JMeter has been around since 1998 and for a long time was something of the standard for load testing. It provides a desktop GUI and a pretty deep list of features. There’s a reason it stood the test of time!

Grafana k6 is an open source tool, but Grafana also provides a hosted instance with a few additional capabilities. One thing I really like about k6 is a feature that allows you to record real browser interactions for a workflow and play back just the associated network requests - so you get realistic traffic but for a fraction of the compute of scripting a headless browser.

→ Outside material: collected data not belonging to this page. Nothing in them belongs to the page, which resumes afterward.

// EachBegin: its three next positions, and the constant at the target.
use crate::code::CaseFile;
use crate::floats::THREE;
use crate::op;
use crate::op::{Op, Record, ToRecord};
use crate::report::Tally;
use crate::seen::Seen;

pub fn cases(tally: &mut Tally) {
    outside(tally);
    at_end(tally);
    past_store(tally);
    past_two(tally);
}

fn outside(tally: &mut Tally) {
    let f = CaseFile::new(&[Op::EachBegin.with(5)]);
    tally.plain("EachBegin, target absent", &f, Seen::done(2, 0));
    let f = CaseFile::new(&[Op::EachBegin.with(0xFFFF_FFFF)]);
    tally.plain("EachBegin, target FFFFFFFF", &f, Seen::done(2, 0));
    let f = CaseFile::new(&[Op::EachBegin.with(1), Op::Const.with(op::THREE)]);
    let want = Seen::done(2, THREE);
    tally.plain("EachBegin, constant at the end of the code", &f, want);
}

// EachBegin 1, then three records, then Push and End.
fn behind(records: [Record; 3]) -> CaseFile {
    let [a, b, c] = records;
    CaseFile::new(&[
        Op::EachBegin.with(1),
        a,
        b,
        c,
        Op::Push.alone(),
        Op::End.alone(),
    ])
}

fn at_end(tally: &mut Tally) {
    let again = Op::Jump.with(1);
    let f = behind([Op::Const.with(op::THREE), Op::End.alone(), again]);
    tally.plain("EachBegin, End behind the target", &f, Seen::done(2, THREE));
    let f = behind([Op::Const.with(op::THREE), Op::Halt.alone(), again]);
    tally.plain("EachBegin, Halt behind the target", &f, Seen::done(2, 0));
    let f = behind([Op::Jump.with(0), Op::End.alone(), again]);
    tally.plain("EachBegin, no constant at the target", &f, Seen::done(2, 0));
}

// The third record is a Const and the next a store: both are passed over.
fn past_store(tally: &mut Tally) {
    let three = Op::Const.with(op::THREE);
    let one = Op::Const.with(op::ONE);
    let f = behind([three, one, Op::StoreVar.with(1)]);
    let name = "EachBegin, Const and StoreVar behind the target";
    tally.plain(name, &f, pushed(3));
    let f = behind([three, one, Op::StoreTemp.with(1)]);
    let name = "EachBegin, Const and StoreTemp behind the target";
    tally.plain(name, &f, pushed(3));
}

fn pushed(charges: u64) -> Seen {
    Seen::done(charges, THREE).stack(1, THREE, THREE)
}

// To record 3, then Push and End.
fn past_two(tally: &mut Tally) {
    let three = Op::Const.with(op::THREE);
    let f = behind([three, Op::Post.alone(), Op::StoreVar.with(1)]);
    let name = "EachBegin, another record behind the target";
    tally.plain(name, &f, pushed(4).stored(0x4040_0000));
    let f = behind([three, Op::PushConst.with(op::ONE), Op::StoreTemp.with(1)]);
    let name = "EachBegin, PushConst and a store behind the target";
    tally.plain(name, &f, pushed(4).kept(THREE));
    let f = behind([three, Op::Const.with(op::ONE), Op::AddAcc.alone()]);
    let name = "EachBegin, Const and no store behind the target";
    tally.plain(name, &f, pushed(4));
}
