// Records by their opcodes, and the constants of the file that every case has.
pub use program::opcodes::Opcode as Op;

// A record of the code.
#[derive(Clone, Copy)]
pub struct Record {
    pub opcode: u8,
    pub choice: u8,
    pub post: u8,
    pub argument: u32,
}

// The records of an opcode.
pub trait ToRecord: Sized {
    // The record with an argument alone.
    fn with(self, argument: u32) -> Record;

    // The record with nothing.
    fn alone(self) -> Record {
        self.with(0)
    }
}

impl ToRecord for Op {
    fn with(self, argument: u32) -> Record {
        Record {
            opcode: u8::from(self),
            choice: 0,
            post: 0,
            argument,
        }
    }
}

impl Record {
    // The record of the first four bytes, as a number, and the argument.
    pub fn new(head: u32, argument: u32) -> Record {
        let [opcode, choice, post, _] = head.to_le_bytes();
        Record {
            opcode,
            choice,
            post,
            argument,
        }
    }

    pub fn choosing(mut self, choice: u8) -> Record {
        self.choice = choice;
        self
    }

    pub fn posted(mut self, post: u8) -> Record {
        self.post = post;
        self
    }
}

// Indices of constants.
pub const ONE: u32 = 0;

pub const TWO: u32 = 1;

pub const THREE: u32 = 2;

pub const ZERO: u32 = 3;

pub const GUARD: u32 = 4;

pub const BELOW: u32 = 5;

pub const MINUS_GUARD: u32 = 6;

pub const MINUS_BELOW: u32 = 7;

pub const NAN: u32 = 8;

Whatever solution you choose from the sea of options, I can recommend looking for a few key features up-front:

How easy it is to run Vusers on remote servers (you’ll be very limited if you just run on your laptop!)
Can you ramp up and ramp down requests to adjust load steadily?
In what format do you get the results? Is this something you can draw useful conclusions from?
And probably most importantly, how easy is it to shut everything down if something goes wrong? Let’s say you accidentally pointed a spike test at production!

Conclusion

Load testing is a powerful technique that can help you shore up your services to handle the growth in usage that you’re working so hard to bring in. But it can get very complicated, and expensive, quickly. Before embarking on your load testing journey, you need to carefully consider the steps you wish to take and what flavor of tests are going to serve you best for your immediate goals.